Our reproduced results for the relative error ${\epsilon }_{\mathrm{ana}}$ with respect to the analytic solution as a function of mesh resolution, for NeuroFEM and the conventional solver. For comparison see Fig. 3b.

Measuring ${\epsilon }_{\mathrm{res}}$ against $N_{\mathrm{interior}}$ appears to directly relate to magnitude, with low-magnitude parameter regimes scoring better, then secondarily with respect to NPM, where higher NPM scores better within their magnitude bands (Fig. 5). This matches the expected outcomes seen in the original article (Fig. 2c of the original article).

Fig. 5: Relative residual per mesh point

Our reproduced results for the relative residual ${\epsilon }_{\mathrm{res}}$ of the linear system per mesh point as a function of the number of mesh nodes. The relative residual is improved by increasing NPM and/or decreasing $|\Gamma |$. For comparison see Fig. 3c.

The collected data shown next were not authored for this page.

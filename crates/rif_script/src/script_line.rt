ghost use Rattle.std.specs.Prelude.{◌≡◌, IfOk, IfSome, IsUtf8, Ok, map, option_map};
ghost use Rattle.std.specs.List.{list_all};
ghost use Rattle.rif_lex.specs.Lexing.{lexed};
ghost use Rattle.rif_lex.specs.Spelling.{written};
ghost use Rattle.rif_script.specs.Jobs.{is_client_character, is_client_name, is_comment};
ghost use Rattle.rif_script.specs.ReadingItems.{given_from, name_of, sent_from, word_text};
ghost use Rattle.rif_script.specs.ReadingLines.{line_at};
ghost use Rattle.rif_script.specs.SentLeaves.{Gives};
ghost use Rattle.rif_script.specs.SentLines.{Finds, HasText, line_view};

use crate::items::read_item;
use crate::line_fault::LineFault;
use crate::sent_tokens::SentTokens;
use prd_reader::{Prefixes, TextPool, text_of};
use rif_lex::{Kind, Token, tokens_into};
use rif_refusals::Fault;
use rif_refusals::limits::MOST_NAME_CHARACTERS;
use rif_values::OutOfMemory;
use session_states::Item;

/// What a line of a script is.
#[derive(Drop)]
pub enum Line<'a> {
    /// White space, or a comment.
    Skipped,
    /// A client's name as it stands in the line, and the item that it sends.
    Sent(&'a [u8], Item),
}

/// What a line is, with or without its line feed, or nothing where it has none of the forms. Its tokens
/// are put into the list, whose room is used again, and the pool makes the texts of its item. The cost is the
/// line's length.
///
/// Source: our own (docs/FORMATS.md, "Jobs").
pub fn read_line<'a>(
    pool: &mut TextPool,
    found: &mut Vec<Token>,
    prefixes: &Prefixes,
    line: &'a [u8],
) -> Result<Option<Line<'a>>, OutOfMemory>
    ensures is { IfOk result (λ given. option_map line_view given ≡ line_at prefixes.now line.now) }
    ensures text { IfOk result (λ given. IfSome given HasText) }
{
    match line_in(pool, found, prefixes, line) {
        Ok(given) => Ok(Some(given)),
        Err(LineFault::Bad) => Ok(None),
        Err(LineFault::OutOfMemory) => Err(OutOfMemory),
    }
}

#[tactic(auto, unfolding(crate::specs::ReadingLines::line_at))]
fn line_in<'a>(
    pool: &mut TextPool,
    found: &mut Vec<Token>,
    prefixes: &Prefixes,
    line: &'a [u8],
) -> Result<Line<'a>, LineFault>
    ensures is { Gives line_view result (line_at prefixes.now line.now) }
    ensures text { IfOk result HasText }
{
    if is_comment(line) {
        return Ok(Line::Skipped);
    }
    find_tokens(found, line)?;
    line_of(pool, prefixes, line, found.as_slice())
}

fn is_comment(line: &[u8]) -> bool
    ensures { result ≡ is_comment line.now }
{
    match line.first() {
        Some(byte) => *byte == b'#',
        None => false,
    }
}

// Puts the tokens of a line into the list, if it has tokens.
fn find_tokens(found: &mut Vec<Token>, line: &[u8]) -> Result<(), LineFault>
    ensures { Finds result found.new.items (lexed line.now) }
{
    match tokens_into(found, line) {
        Ok(()) => Ok(()),
        Err(Fault::Refused(_)) => Err(LineFault::Bad),
        Err(Fault::OutOfMemory) => Err(LineFault::OutOfMemory),
    }
}

// What the tokens of a line are.
fn line_of<'a>(
    pool: &mut TextPool,
    prefixes: &Prefixes,
    line: &'a [u8],
    tokens: &[Token],
) -> Result<Line<'a>, LineFault>
    requires { lexed line.now ≡ Ok tokens.now }
    ensures is { Gives line_view result (given_from prefixes.now (map (written line.now) tokens.now)) }
    ensures text { IfOk result HasText }
{
    if tokens.is_empty() {
        return Ok(Line::Skipped);
    }
    let (name, item) = read_sent(pool, prefixes, line, tokens)?;
    Ok(Line::Sent(name, item))
}

// A client's name, and the item that it sends.
#[tactic(auto, unfolding(crate::specs::ReadingItems::sent_from))]
fn read_sent<'a>(
    pool: &mut TextPool,
    prefixes: &Prefixes,
    line: &'a [u8],
    tokens: &[Token],
) -> Result<(&'a [u8], Item), LineFault>
    requires { lexed line.now ≡ Ok tokens.now }
    ensures is { Gives (λ sent. (sent.0.now, sent.1)) result
        (sent_from prefixes.now (map (written line.now) tokens.now)) }
    ensures text { IfOk result (λ sent. IsUtf8 sent.0.now) }
{
    if tokens.len() < 2 {
        return Err(LineFault::Bad);
    }
    let name = name_of(line, tokens[0])?;
    let word = word_text(line, tokens[1])?;
    let item = read_item(pool, word, SentTokens::new(prefixes, line, tokens, 2))?;
    Ok((name, item))
}

// The client's name that a token is: a word of lowercase letters, digits and underscores.
#[tactic(auto, unfolding(crate::specs::ReadingItems::name_of))]
fn name_of(line: &[u8], token: Token) -> Result<&[u8], LineFault>
    ensures is { Gives (λ name. name.now) result (name_of (written line.now token)) }
    ensures text { IfOk result (λ name. IsUtf8 name.now) }
{
    let text = word_text(line, token)?;
    if !is_client_name(text) {
        return Err(LineFault::Bad);
    }
    Ok(text)
}

fn is_client_name(text: &[u8]) -> bool
    ensures { result ≡ is_client_name text.now }
{
    text.len() <= MOST_NAME_CHARACTERS && are_client_characters(text)
}

fn are_client_characters(text: &[u8]) -> bool
    ensures { result ≡ list_all is_client_character text.now }
{
    text.iter().all(|byte| is_client_character(*byte))
}

fn is_client_character(byte: u8) -> bool
    ensures { result ≡ is_client_character byte }
{
    matches!(byte, b'a'..=b'z' | b'0'..=b'9' | b'_')
}

// The text of a word.
fn word_text(line: &[u8], token: Token) -> Result<&[u8], LineFault>
    ensures { Gives (λ text. text.now) result (word_text (written line.now token)) }
{
    match token.kind {
        Kind::Word => Ok(text_of(line, token)),
        _ => Err(LineFault::Bad),
    }
}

In Fig. 6 we compare the relative error between NeuroFEM and the conventional solver ${\epsilon }_{\mathrm{slv}}$, where we can observe more variation between methods albeit slight, with the low-magnitude, small NPM performing the worst at $1.90\times 10^{-3}$. Surprisingly, our results do not match our expected outcomes: the best performing regime is a high-NPM, low-magnitude one, whereas in the original article both low-magnitude regimes consistently scored better than the high-magnitude regimes (Fig. 3). This may be due to an error in our interpretation of the code or possibly a difference of hardware environments. Further investigation will be required at a later time.

Fig. 6: Relative error between solvers

Our reproduced results for the relative error ${\epsilon }_{\mathrm{slv}}$ between NeuroFEM and the conventional solver. For comparison see Fig. 3d.